TASK GOAL:
Could you return the lines below exactly, from the first line up to and including the line that holds "fn in_turn<'a>(names: (&'a"?

===

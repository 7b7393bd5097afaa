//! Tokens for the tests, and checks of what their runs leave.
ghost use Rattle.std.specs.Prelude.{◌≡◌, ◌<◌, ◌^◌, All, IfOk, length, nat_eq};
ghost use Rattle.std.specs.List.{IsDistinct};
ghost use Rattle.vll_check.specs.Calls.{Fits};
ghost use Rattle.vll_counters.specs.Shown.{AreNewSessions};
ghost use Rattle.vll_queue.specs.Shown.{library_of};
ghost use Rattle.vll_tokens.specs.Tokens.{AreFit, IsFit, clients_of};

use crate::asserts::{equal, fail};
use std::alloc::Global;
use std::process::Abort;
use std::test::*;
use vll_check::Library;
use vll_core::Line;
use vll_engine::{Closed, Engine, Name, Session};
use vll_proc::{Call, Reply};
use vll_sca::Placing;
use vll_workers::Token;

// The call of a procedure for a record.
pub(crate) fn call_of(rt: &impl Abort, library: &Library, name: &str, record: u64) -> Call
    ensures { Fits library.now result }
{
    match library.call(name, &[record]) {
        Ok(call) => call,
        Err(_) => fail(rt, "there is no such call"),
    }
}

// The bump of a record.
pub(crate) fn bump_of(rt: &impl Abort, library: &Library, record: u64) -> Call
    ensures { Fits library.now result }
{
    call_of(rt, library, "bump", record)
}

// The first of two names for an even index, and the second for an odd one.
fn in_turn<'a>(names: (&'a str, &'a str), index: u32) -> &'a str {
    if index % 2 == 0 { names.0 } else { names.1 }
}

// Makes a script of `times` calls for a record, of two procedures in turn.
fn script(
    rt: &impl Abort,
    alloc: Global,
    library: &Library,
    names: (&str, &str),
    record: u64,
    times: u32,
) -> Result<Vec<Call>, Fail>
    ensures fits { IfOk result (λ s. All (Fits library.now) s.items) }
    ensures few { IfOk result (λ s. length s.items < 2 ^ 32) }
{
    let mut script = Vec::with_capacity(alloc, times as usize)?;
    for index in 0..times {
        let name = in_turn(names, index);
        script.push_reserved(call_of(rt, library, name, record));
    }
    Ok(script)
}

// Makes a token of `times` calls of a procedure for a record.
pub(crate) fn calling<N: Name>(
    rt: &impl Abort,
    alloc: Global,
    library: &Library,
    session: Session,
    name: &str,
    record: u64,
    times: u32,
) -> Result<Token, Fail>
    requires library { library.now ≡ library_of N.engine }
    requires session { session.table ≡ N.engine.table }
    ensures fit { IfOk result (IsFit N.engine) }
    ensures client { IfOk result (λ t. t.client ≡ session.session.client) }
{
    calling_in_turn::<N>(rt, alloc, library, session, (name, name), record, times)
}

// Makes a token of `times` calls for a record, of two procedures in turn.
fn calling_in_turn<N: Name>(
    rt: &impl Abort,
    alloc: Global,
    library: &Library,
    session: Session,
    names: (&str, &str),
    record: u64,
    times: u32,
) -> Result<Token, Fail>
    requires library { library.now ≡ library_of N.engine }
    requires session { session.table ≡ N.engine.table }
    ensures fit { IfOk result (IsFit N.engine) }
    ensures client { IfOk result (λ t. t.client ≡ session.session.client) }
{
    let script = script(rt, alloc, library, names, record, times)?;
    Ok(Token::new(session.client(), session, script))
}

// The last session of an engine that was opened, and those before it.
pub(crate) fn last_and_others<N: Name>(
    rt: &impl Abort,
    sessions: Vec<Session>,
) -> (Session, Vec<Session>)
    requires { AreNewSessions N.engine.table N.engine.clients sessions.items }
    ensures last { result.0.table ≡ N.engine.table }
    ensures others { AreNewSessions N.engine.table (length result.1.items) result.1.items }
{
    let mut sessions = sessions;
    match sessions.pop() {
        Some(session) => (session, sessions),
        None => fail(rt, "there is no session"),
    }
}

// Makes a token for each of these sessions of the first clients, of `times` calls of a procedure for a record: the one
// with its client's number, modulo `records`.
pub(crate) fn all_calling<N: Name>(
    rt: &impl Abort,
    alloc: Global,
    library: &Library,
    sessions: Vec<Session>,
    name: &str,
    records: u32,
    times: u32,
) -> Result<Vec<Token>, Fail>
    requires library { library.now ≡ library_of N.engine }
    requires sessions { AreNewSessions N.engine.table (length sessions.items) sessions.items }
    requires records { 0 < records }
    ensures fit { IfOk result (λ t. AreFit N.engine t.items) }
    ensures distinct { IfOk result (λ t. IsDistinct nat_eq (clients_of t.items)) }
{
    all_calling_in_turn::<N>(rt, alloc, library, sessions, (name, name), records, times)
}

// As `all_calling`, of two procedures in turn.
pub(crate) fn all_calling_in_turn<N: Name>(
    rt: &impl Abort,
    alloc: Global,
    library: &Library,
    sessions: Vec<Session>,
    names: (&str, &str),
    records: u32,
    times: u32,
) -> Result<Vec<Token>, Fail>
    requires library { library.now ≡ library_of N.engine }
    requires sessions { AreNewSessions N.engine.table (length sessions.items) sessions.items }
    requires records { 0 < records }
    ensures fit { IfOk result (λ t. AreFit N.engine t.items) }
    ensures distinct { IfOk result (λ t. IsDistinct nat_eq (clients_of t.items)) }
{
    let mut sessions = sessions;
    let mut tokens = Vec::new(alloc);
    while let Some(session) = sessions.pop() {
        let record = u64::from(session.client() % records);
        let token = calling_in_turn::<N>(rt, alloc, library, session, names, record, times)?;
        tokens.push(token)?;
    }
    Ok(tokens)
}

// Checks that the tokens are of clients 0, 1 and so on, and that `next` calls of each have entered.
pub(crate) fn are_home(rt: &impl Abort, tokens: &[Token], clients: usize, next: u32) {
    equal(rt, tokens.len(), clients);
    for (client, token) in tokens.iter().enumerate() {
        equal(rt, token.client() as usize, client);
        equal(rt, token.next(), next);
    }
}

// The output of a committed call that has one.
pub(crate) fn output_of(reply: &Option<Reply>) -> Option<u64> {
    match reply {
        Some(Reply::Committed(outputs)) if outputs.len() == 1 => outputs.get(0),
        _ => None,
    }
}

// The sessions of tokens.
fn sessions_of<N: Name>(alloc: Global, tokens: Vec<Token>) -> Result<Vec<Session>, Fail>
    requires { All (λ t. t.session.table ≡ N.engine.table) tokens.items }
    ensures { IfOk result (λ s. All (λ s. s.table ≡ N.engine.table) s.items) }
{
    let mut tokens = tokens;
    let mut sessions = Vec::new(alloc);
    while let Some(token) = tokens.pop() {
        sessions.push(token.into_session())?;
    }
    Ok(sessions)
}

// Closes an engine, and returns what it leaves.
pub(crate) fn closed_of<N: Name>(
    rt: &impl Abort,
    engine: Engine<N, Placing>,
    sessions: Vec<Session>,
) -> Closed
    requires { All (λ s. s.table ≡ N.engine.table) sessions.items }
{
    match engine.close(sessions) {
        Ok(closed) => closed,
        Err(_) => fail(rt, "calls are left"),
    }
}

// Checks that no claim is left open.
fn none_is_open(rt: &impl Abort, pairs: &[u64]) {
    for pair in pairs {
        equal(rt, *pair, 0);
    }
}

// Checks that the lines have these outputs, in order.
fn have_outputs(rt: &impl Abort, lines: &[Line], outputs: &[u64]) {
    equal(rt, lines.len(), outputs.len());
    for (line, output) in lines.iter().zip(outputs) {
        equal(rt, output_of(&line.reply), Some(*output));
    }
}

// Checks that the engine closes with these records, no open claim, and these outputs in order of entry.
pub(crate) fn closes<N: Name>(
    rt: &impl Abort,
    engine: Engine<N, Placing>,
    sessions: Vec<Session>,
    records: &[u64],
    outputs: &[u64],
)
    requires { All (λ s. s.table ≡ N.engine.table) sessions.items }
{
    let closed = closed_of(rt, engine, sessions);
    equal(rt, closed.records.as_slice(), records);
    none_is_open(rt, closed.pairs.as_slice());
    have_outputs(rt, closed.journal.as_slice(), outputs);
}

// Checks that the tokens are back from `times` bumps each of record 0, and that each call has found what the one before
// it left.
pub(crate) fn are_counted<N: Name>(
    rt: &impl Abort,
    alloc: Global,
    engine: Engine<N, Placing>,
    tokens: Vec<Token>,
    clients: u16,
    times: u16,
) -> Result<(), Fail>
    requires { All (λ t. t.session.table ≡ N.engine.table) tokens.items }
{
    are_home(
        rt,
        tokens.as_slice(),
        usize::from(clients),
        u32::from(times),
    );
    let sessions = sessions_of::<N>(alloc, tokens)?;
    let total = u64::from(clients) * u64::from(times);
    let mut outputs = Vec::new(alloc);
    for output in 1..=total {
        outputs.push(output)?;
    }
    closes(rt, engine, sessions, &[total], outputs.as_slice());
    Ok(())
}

===

TASK SOLUTION:
repository 7b7393bd5097afaa
//! Tokens for the tests, and checks of what their runs leave.
ghost use Rattle.std.specs.Prelude.{◌≡◌, ◌<◌, ◌^◌, All, IfOk, length, nat_eq};
ghost use Rattle.std.specs.List.{IsDistinct};
ghost use Rattle.vll_check.specs.Calls.{Fits};
ghost use Rattle.vll_counters.specs.Shown.{AreNewSessions};
ghost use Rattle.vll_queue.specs.Shown.{library_of};
ghost use Rattle.vll_tokens.specs.Tokens.{AreFit, IsFit, clients_of};

use crate::asserts::{equal, fail};
use std::alloc::Global;
use std::process::Abort;
use std::test::*;
use vll_check::Library;
use vll_core::Line;
use vll_engine::{Closed, Engine, Name, Session};
use vll_proc::{Call, Reply};
use vll_sca::Placing;
use vll_workers::Token;

// The call of a procedure for a record.
pub(crate) fn call_of(rt: &impl Abort, library: &Library, name: &str, record: u64) -> Call
    ensures { Fits library.now result }
{
    match library.call(name, &[record]) {
        Ok(call) => call,
        Err(_) => fail(rt, "there is no such call"),
    }
}

// The bump of a record.
pub(crate) fn bump_of(rt: &impl Abort, library: &Library, record: u64) -> Call
    ensures { Fits library.now result }
{
    call_of(rt, library, "bump", record)
}

// The first of two names for an even index, and the second for an odd one.
fn in_turn<'a>(names: (&'a str, &'a str), index: u32) -> &'a str {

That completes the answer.